Na população com SD há escassez de estudos em relação aos componentes 
somatotipológicos entre meninos e meninas. Esta lacuna levou o autor a 
analisar o somatotipo em crianças e adolescentes com a síndrome no 
município de Campinas, com a finalidade de fornecer subsídios para a 
compreensão dos componentes envolvidos no processo de crescimento físico
 dessa população. A técnica do somatotipo envolve 13 medidas 
antropométricas, incluindo peso, estatura, diâmetros biepicondilar do 
fêmur e úmero, perímetros da perna medial e braço, dobras cutâneas 
tricipital, bicipital, subescapular, suprailíaca, abdominal, coxa e 
perna.
Com base na 
literatura consultada, o autor se deparou como primeira indagação: por 
que ocorre a prevalência da obesidade nas pessoas com SD? Procurou as 
possíveis causas que estariam relacionadas a fatores genéticos, 
fisiológicos e ambientais. Levantou então alguns fatores que podem ser 
relacionados à SD e que contribuem para a obesidade. Entre eles, 
menciona a alteração do hormônio leptina e insulina, micronutriente 
zinco e taxa metabólica basal.
As
 pessoas com a síndrome têm aumentados os índices de leptina, 
responsável pelo controle do apetite, o que as leva a comer mais. Da 
resistência à insulina resulta maior acúmulo de gordura e diabetes. A 
deficiência de zinco dificulta o crescimento e, em consequência, a menor
 estatura determina maior propensão ao acúmulo de gordura. Como a 
maioria nasce com alterações cardiovasculares, as suas atividades 
físicas tendem a ser mais restritas. Em geral nascem também com falta de
 massa muscular e, em decorrência, apresentam taxa metabólica basal 
baixa, ou seja, gasto energético menor do que uma pessoa normal em 
repouso, o que leva ao automático acúmulo de gordura. A maioria 
apresenta hipotireoidismo, que contribui também para o seu aumento.
Na
 pesquisa, realizada com 50 crianças (6 a 12 anos) e adolescentes (13 a 
19 anos) – faixas etárias consagradas em estudos realizados sobre o 
comportamento da gordura corporal em jovens – junto à Apae de Campinas, 
Bertapelli se propôs a verificar qual a diferença entre meninos e 
meninas (crianças) e moças e rapazes (adolescentes); entre crianças e 
adolescentes; e entre sexos nos dois grupos. Um dado, não presente na 
literatura, particularmente despertou a atenção do pesquisador: a 
maioria dos meninos não apresentou obesidade.
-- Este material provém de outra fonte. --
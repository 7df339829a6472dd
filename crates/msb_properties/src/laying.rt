ghost use Rattle.std.specs.Prelude.{◌≡◌, ◌<◌, ◌-◌, [], ◌∷◌, ◌++◌, length, IfOk, OnOk};
ghost use Rattle.msb_elements.specs.View.{view, views};
ghost use Rattle.build_world.specs.Answers.{GivesFault};
ghost use Rattle.build_world.specs.Elements.{seen_element};
ghost use Rattle.msb_elements.specs.Nodes.{name_of};
ghost use Rattle.msb_properties.specs.declared.part.Part.TheVariants.{Grouped};
ghost use Rattle.msb_properties.specs.Laid.{
  import_text,
  imported_as,
  lay_import,
  lay,
  part_of,
  lay_all,
  lay_chosen,
  lay_project,
  lay_within,
};
ghost use Rattle.msb_properties.specs.Seen.{
  seen_setting,
  seen_properties,
  seen_laid,
  IsPlain,
  IsKept,
};

use crate::layout::Layout;
use crate::part::Part;
use crate::properties::Properties;
use crate::setting::Setting;
use build_world::{EvalFault, PlacedElement};
use msb_elements::Element;
use msb_expand::Use;
use msb_import::{ImportFault, resolve};
use msb_values::{Cause, Copied, List, NoMemory, Text, unescape};
use std::alloc::Global;

/// A file that is laid out, and what it is laid out with.
#[derive(Clone, Copy)]
struct FileContext<'a> {
    /// What the evaluation works with.
    setting: Setting<'a>,
    /// The paths of the files that import one another, from the project's own to this one.
    chain: &'a List<Text>,
    /// The path of the file.
    file: &'a Text,
}

/// Lays out the file at a path, which the last of the chain imports. (How MSBuild builds projects,
/// evaluation phase.)
#[cycle(laying)]
pub(crate) fn lay_file(
    alloc: Global,
    setting: &Setting<'_>,
    layout: &mut Layout,
    chain: &List<Text>,
    path: &Text,
) -> Result<(), EvalFault>
    requires short { length chain.now < 64 }
    requires kept { IsKept (seen_setting setting.now) layout.old }
    ensures laid { GivesFault (λ _. seen_laid layout.new) result
        (lay_within (64 - length chain.now) (seen_setting setting.now) chain.now path.now
        (seen_laid layout.old)) }
    ensures kept { OnOk result (IsKept (seen_setting setting.now) layout.new) }
{
    let Some(file) = setting.tree.find(path.as_str()) else {
        return Ok(());
    };
    let longer = with_file(chain, path)?;
    let root = layout.trees.read(alloc, file)?;
    let context = FileContext {
        setting: *setting,
        chain: &longer,
        file: &file.path,
    };
    lay_project(alloc, &context, layout, root)
}

/// The chain with one more file.
fn with_file(chain: &List<Text>, file: &Text) -> Result<List<Text>, NoMemory>
    ensures { IfOk result (λ longer. longer ≡ chain.now ++ file.now ∷ []) }
{
    let mut longer = chain.copy()?;
    longer.push(file.copy()?)?;
    Ok(longer)
}

/// A file: its Project element, and then the children of this.
#[cycle(laying)]
fn lay_project(
    alloc: Global,
    context: &FileContext<'_>,
    layout: &mut Layout,
    root: Element,
) -> Result<(), EvalFault>
    requires { IsKept (seen_setting context.now.setting) layout.old }
    ensures laid { GivesFault (λ _. seen_laid layout.new) result
        (lay_project
        (lay_within (64 - length context.now.chain.now) (seen_setting context.now.setting))
        (seen_setting context.now.setting) context.now.chain.now context.now.file.now
        (seen_laid layout.old) (view root)) }
    ensures kept { OnOk result (IsKept (seen_setting context.now.setting) layout.new) }
{
    let (element, children) = root.split(alloc);
    layout.add_file(context.file)?;
    layout.extend(alloc, &context.setting, context.file, element)?;
    lay_all(alloc, context, layout, children)
}

/// Each of some elements in turn.
#[cycle(laying)]
fn lay_all(
    alloc: Global,
    context: &FileContext<'_>,
    layout: &mut Layout,
    children: Vec<Element>,
) -> Result<(), EvalFault>
    requires { IsKept (seen_setting context.now.setting) layout.old }
    ensures laid { GivesFault (λ _. seen_laid layout.new) result
        (lay_all (lay_within (64 - length context.now.chain.now) (seen_setting context.now.setting))
        (seen_setting context.now.setting) context.now.chain.now context.now.file.now
        (seen_laid layout.old) (views children.items)) }
    ensures kept { OnOk result (IsKept (seen_setting context.now.setting) layout.new) }
{
    for child in children {
        lay_one(alloc, context, layout, child)?;
    }
    Ok(())
}

#[cycle(laying)]
fn lay_one(
    alloc: Global,
    context: &FileContext<'_>,
    layout: &mut Layout,
    child: Element,
) -> Result<(), EvalFault>
    requires { IsKept (seen_setting context.now.setting) layout.old }
    ensures laid { GivesFault (λ _. seen_laid layout.new) result
        (lay (lay_within (64 - length context.now.chain.now) (seen_setting context.now.setting))
        (seen_setting context.now.setting) context.now.chain.now context.now.file.now
        (seen_laid layout.old) (view child)) }
    ensures kept { OnOk result (IsKept (seen_setting context.now.setting) layout.new) }
{
    match Part::of(child.name()) {
        Part::Imported => {
            let element = PlacedElement {
                file: context.file.as_str(),
                element: &child,
            };
            lay_import(alloc, context, layout, &element)
        }
        Part::Grouped => lay_group(alloc, context, layout, child),
        Part::Chosen => {
            let (_, choices) = child.split(alloc);
            lay_chosen(alloc, context, layout, choices)
        }
        Part::PassedOver => Ok(()),
        Part::LaidOut => layout.extend(alloc, &context.setting, context.file, child),
    }
}

/// The imports of an ImportGroup whose Condition holds. (ImportGroup element.)
#[cycle(laying)]
fn lay_group(
    alloc: Global,
    context: &FileContext<'_>,
    layout: &mut Layout,
    group: Element,
) -> Result<(), EvalFault>
    requires group { part_of (name_of (view group)) ≡ Grouped }
    requires kept { IsKept (seen_setting context.now.setting) layout.old }
    ensures laid { GivesFault (λ _. seen_laid layout.new) result
        (lay (lay_within (64 - length context.now.chain.now) (seen_setting context.now.setting))
        (seen_setting context.now.setting) context.now.chain.now context.now.file.now
        (seen_laid layout.old) (view group)) }
    ensures kept { OnOk result (IsKept (seen_setting context.now.setting) layout.new) }
{
    let element = PlacedElement {
        file: context.file.as_str(),
        element: &group,
    };
    if layout
        .properties
        .holds_in_file(alloc, &context.setting, &element)?
    {
        let (_, imports) = group.split(alloc);
        return lay_all(alloc, context, layout, imports);
    }
    Ok(())
}

/// The first of the children of a Choose whose Condition holds; an Otherwise has none. (Choose
/// element.)
#[cycle(laying)]
fn lay_chosen(
    alloc: Global,
    context: &FileContext<'_>,
    layout: &mut Layout,
    choices: Vec<Element>,
) -> Result<(), EvalFault>
    requires { IsKept (seen_setting context.now.setting) layout.old }
    ensures laid { GivesFault (λ _. seen_laid layout.new) result
        (lay_chosen
        (lay_within (64 - length context.now.chain.now) (seen_setting context.now.setting))
        (seen_setting context.now.setting) context.now.chain.now context.now.file.now
        (seen_laid layout.old) (views choices.items)) }
    ensures kept { OnOk result (IsKept (seen_setting context.now.setting) layout.new) }
{
    for choice in choices {
        let element = PlacedElement {
            file: context.file.as_str(),
            element: &choice,
        };
        if layout
            .properties
            .holds_in_project(alloc, &context.setting, &element)?
        {
            let (_, children) = choice.split(alloc);
            return lay_all(alloc, context, layout, children);
        }
    }
    Ok(())
}

/// An Import whose Condition holds brings in a file. (Import element.)
#[cycle(laying)]
fn lay_import(
    alloc: Global,
    context: &FileContext<'_>,
    layout: &mut Layout,
    element: &PlacedElement<'_>,
) -> Result<(), EvalFault>
    requires { IsKept (seen_setting context.now.setting) layout.old }
    ensures laid { GivesFault (λ _. seen_laid layout.new) result
        (lay_import
        (lay_within (64 - length context.now.chain.now) (seen_setting context.now.setting))
        (seen_setting context.now.setting) context.now.chain.now (seen_laid layout.old)
        (seen_element element.now)) }
    ensures kept { OnOk result (IsKept (seen_setting context.now.setting) layout.new) }
{
    if !layout
        .properties
        .holds_in_file(alloc, &context.setting, element)?
    {
        return Ok(());
    }
    let text = import_text(alloc, &context.setting, &layout.properties, element)?;
    let found = resolve(
        alloc,
        context.setting.tree,
        context.chain,
        &layout.files,
        text.as_str(),
    );
    lay_found(alloc, context, layout, element, found)
}

/// What an import brings in, or why it brings in nothing. A file that was laid out before is noted
/// and ignored.
#[cycle(laying)]
fn lay_found(
    alloc: Global,
    context: &FileContext<'_>,
    layout: &mut Layout,
    element: &PlacedElement<'_>,
    found: Result<Text, ImportFault>,
) -> Result<(), EvalFault>
    requires short { IfOk found (λ _. length context.now.chain.now < 64) }
    requires kept { IsKept (seen_setting context.now.setting) layout.old }
    ensures laid { GivesFault (λ _. seen_laid layout.new) result
        (imported_as
        (lay_within (64 - length context.now.chain.now) (seen_setting context.now.setting))
        context.now.chain.now (seen_laid layout.old) (seen_element element.now) found) }
    ensures kept { OnOk result (IsKept (seen_setting context.now.setting) layout.new) }
{
    match found {
        Ok(path) => lay_file(alloc, &context.setting, layout, context.chain, &path),
        Err(ImportFault::Duplicate(path)) => layout.add_duplicate(path),
        Err(ImportFault::Missing(path)) => Err(element.fault(alloc, Cause::MissingImport(path))),
        Err(ImportFault::ImportDepth) => Err(element.fault(alloc, Cause::ImportDepth)),
        Err(ImportFault::Path(text)) => Err(element.fault(alloc, Cause::BadPath(text))),
        Err(ImportFault::Memory) => Err(EvalFault::from(NoMemory)),
    }
}

/// The text of an import's Project, unescaped.
fn import_text(
    alloc: Global,
    setting: &Setting<'_>,
    properties: &Properties,
    element: &PlacedElement<'_>,
) -> Result<Text, EvalFault>
    requires { IsPlain (seen_setting setting.now) properties.now }
    ensures { GivesFault (λ text. text) result
        (import_text (seen_setting setting.now) (seen_properties properties.now)
        (seen_element element.now)) }
{
    let written = match element.element.attribute("Project") {
        Some(written) => written,
        None => "",
    };
    let text = properties.text(alloc, setting, element, Use::Definition, written)?;
    Ok(unescape(alloc, text.as_str())?)
}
Pelo contrário, neles os 
resultados indicaram valores normais de gordura corporal, enquanto 
meninas, moças e rapazes, conforme esperado, apresentaram grau alarmante
 de obesidade. As razões dessa diferença nos meninos não constituiu 
objeto do seu estudo e precisam ser investigadas. Em relação ao 
somatotipo, os resultados foram coerentes aos de prevalência de 
obesidade: os meninos apresentaram predomínio da massa muscular 
(mesomorfos) e os demais grupos caracterizaram-se pelo excesso de 
gordura (endomorfos).
Em
 decorrência da revisão bibliográfica e dos dados colhidos junto ao 
universo pesquisado, o autor conclui que as pessoas com SD precisam de 
atividades físicas, mas reconhece que essa inserção não é fácil, porque 
existe carência de programas específicos para essa população. Ele 
destaca o papel da família, que embora em geral preocupada com os 
aspectos clínicos, muitas vezes não está conscientizada da existência de
 programas de esportes que, embora poucos, podem ser frequentados pelas 
pessoas com SD. Por sua vez, a reeducação alimentar pode ser facilitada 
através da intervenção de nutricionistas que levem a mudanças de hábitos
 alimentares não só da criança e do adolescente como da família, que em 
geral desconhece também que as pessoas com a síndrome tendem a comer 
mais, às vezes em decorrência do aumento do índice de leptina presente 
no organismo.
Ao 
considerar as razões que o moveram ao trabalho, Fabio Bertapelli 
manifesta a preocupação com a contribuição social, cada vez mais 
presente em jovens pesquisadores: "Com a pesquisa, pretendo 
principalmente contribuir para a sociedade que é carente de informação, 
preocupado simultaneamente em divulgar os resultados conseguidos de 
forma compreensível a não especialistas. Espero contribuir ainda para a 
evolução social e para o desenvolvimento científico do país com 
publicações de temas correlatos e ainda não devidamente esclarecidos."
No
 trabalho, o educador físico se propôs mais especificamente a avaliar a 
prevalência da obesidade na criança e no adolescente com SD e verificar 
que fatores levam à obesidade nessa população e ainda analisar alguns 
instrumentos utilizados na determinação da gordura corporal, como as 
técnicas do somatotipo e da composição corporal. Em decorrência do 
estudo, ele propõe relacionar essas variáveis ao crescimento, ao nível 
de atividade física, ao desempenho motor, aspectos ainda pouco 
estudados. 
■ Publicação
Disssertação: “Composição corporal e somatotipo em pessoas com síndrome de Down”
Autor: Fabio Bertapelli
Orientador: José Irineu Gorla
Unidade: Faculdade de Educação Física (FEF)
Autor: Fabio Bertapelli
Orientador: José Irineu Gorla
Unidade: Faculdade de Educação Física (FEF)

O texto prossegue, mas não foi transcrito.